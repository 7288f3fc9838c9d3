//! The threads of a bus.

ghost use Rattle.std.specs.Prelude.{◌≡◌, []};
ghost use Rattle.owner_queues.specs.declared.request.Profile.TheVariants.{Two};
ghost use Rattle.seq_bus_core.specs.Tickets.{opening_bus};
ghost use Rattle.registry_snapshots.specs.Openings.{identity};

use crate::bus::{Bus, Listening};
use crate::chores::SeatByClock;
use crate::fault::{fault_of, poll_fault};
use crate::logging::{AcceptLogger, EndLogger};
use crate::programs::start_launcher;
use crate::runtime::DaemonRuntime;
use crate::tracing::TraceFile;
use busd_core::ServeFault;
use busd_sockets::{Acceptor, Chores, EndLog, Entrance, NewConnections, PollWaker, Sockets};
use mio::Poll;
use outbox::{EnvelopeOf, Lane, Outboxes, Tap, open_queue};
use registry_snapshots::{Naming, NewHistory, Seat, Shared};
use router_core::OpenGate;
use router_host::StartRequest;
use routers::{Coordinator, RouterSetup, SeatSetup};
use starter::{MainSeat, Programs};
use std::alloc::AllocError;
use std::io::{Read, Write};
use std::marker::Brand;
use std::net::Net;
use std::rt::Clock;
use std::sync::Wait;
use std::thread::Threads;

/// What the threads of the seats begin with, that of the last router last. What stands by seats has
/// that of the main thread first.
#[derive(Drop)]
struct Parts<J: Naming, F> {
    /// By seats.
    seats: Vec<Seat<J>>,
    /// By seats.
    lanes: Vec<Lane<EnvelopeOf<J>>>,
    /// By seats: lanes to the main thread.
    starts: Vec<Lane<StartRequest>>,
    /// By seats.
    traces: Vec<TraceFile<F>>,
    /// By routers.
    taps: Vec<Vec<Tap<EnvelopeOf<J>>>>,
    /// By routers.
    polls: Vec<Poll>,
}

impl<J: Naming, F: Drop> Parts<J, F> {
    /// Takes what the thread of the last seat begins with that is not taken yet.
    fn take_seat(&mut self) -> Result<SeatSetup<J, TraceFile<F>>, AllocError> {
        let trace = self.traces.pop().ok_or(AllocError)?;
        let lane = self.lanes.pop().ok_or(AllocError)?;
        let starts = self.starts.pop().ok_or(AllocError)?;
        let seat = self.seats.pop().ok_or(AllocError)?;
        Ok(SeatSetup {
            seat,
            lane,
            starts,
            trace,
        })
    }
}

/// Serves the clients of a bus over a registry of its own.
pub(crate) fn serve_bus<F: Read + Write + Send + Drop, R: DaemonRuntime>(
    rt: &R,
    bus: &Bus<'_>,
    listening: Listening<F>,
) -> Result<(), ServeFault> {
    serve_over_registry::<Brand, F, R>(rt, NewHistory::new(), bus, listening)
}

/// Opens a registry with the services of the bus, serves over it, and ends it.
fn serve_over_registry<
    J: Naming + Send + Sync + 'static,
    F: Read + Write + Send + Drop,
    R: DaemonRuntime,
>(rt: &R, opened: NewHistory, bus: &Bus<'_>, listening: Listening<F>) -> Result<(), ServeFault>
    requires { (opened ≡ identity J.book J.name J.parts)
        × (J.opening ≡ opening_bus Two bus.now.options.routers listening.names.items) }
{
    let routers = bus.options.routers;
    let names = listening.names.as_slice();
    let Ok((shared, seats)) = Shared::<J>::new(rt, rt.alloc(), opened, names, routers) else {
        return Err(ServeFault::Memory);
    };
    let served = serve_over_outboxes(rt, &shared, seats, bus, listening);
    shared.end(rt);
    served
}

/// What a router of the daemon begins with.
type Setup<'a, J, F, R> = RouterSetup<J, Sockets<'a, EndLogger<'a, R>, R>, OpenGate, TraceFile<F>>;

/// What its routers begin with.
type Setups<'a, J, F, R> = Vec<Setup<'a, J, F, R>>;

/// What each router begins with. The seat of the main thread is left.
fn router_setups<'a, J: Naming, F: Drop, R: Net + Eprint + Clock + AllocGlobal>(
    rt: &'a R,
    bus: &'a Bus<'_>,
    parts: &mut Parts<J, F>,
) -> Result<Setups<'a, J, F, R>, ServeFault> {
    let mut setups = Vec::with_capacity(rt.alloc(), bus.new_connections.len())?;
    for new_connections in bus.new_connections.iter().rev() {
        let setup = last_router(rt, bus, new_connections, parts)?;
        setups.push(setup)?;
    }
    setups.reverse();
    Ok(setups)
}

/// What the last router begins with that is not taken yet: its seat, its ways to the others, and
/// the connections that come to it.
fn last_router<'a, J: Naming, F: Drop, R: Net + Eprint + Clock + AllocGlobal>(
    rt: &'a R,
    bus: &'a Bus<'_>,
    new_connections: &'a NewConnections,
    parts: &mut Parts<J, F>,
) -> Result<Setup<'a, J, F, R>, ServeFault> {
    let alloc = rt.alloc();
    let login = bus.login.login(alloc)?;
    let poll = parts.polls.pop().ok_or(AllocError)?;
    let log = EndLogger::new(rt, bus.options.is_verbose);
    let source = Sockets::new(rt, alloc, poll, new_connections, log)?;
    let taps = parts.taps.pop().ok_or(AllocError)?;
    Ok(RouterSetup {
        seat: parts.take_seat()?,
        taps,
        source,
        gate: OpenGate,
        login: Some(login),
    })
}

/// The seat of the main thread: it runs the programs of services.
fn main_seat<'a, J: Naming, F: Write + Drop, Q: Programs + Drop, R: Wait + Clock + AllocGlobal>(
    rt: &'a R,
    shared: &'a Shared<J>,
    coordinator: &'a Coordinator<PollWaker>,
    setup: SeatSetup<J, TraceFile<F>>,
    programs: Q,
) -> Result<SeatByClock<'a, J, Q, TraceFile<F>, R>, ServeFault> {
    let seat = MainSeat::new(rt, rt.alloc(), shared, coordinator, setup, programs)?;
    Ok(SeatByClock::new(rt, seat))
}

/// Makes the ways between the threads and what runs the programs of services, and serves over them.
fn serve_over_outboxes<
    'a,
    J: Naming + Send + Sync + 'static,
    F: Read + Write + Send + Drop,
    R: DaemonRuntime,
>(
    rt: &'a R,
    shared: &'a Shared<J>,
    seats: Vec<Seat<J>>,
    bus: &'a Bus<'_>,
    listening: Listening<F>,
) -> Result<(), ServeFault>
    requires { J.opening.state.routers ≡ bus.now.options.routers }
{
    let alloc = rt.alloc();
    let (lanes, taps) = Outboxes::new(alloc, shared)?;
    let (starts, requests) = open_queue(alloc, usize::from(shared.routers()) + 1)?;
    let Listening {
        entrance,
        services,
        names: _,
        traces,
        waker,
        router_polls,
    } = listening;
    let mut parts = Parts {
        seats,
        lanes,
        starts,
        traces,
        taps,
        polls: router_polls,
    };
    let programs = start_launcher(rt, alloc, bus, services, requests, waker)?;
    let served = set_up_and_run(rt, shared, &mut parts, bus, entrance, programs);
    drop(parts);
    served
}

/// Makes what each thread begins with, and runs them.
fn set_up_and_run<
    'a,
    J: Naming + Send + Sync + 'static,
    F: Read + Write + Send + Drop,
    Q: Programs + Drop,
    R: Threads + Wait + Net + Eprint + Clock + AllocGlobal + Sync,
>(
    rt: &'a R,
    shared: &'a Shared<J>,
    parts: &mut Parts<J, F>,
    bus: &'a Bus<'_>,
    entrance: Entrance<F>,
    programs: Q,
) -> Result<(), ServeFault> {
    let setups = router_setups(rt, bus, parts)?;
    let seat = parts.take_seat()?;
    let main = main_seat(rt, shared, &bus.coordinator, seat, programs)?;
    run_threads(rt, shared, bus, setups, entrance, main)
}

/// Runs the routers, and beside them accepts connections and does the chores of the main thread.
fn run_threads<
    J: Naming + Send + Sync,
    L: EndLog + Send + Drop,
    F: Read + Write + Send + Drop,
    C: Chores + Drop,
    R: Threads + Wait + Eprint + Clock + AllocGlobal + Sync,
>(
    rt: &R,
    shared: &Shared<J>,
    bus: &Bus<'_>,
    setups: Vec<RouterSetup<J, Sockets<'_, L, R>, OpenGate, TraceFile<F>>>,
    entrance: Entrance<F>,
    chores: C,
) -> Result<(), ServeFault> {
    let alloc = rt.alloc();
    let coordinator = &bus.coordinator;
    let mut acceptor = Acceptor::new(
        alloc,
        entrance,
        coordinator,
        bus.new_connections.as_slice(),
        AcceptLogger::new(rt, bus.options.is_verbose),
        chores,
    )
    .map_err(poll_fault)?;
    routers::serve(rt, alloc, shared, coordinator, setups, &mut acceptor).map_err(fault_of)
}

-*-*-

Prompt: The listing above holds a line with "let setup = last_router(rt, bus, new_connections, parts)?;" and a line with "let poll = parts.polls.pop().ok_or(AllocError)?;". Print the stretch from the first through the second, exactly and alone.

Finished exercise:
        let setup = last_router(rt, bus, new_connections, parts)?;
        setups.push(setup)?;
    }
    setups.reverse();
    Ok(setups)
}

/// What the last router begins with that is not taken yet: its seat, its ways to the others, and
/// the connections that come to it.
fn last_router<'a, J: Naming, F: Drop, R: Net + Eprint + Clock + AllocGlobal>(
    rt: &'a R,
    bus: &'a Bus<'_>,
    new_connections: &'a NewConnections,
    parts: &mut Parts<J, F>,
) -> Result<Setup<'a, J, F, R>, ServeFault> {
    let alloc = rt.alloc();
    let login = bus.login.login(alloc)?;
    let poll = parts.polls.pop().ok_or(AllocError)?;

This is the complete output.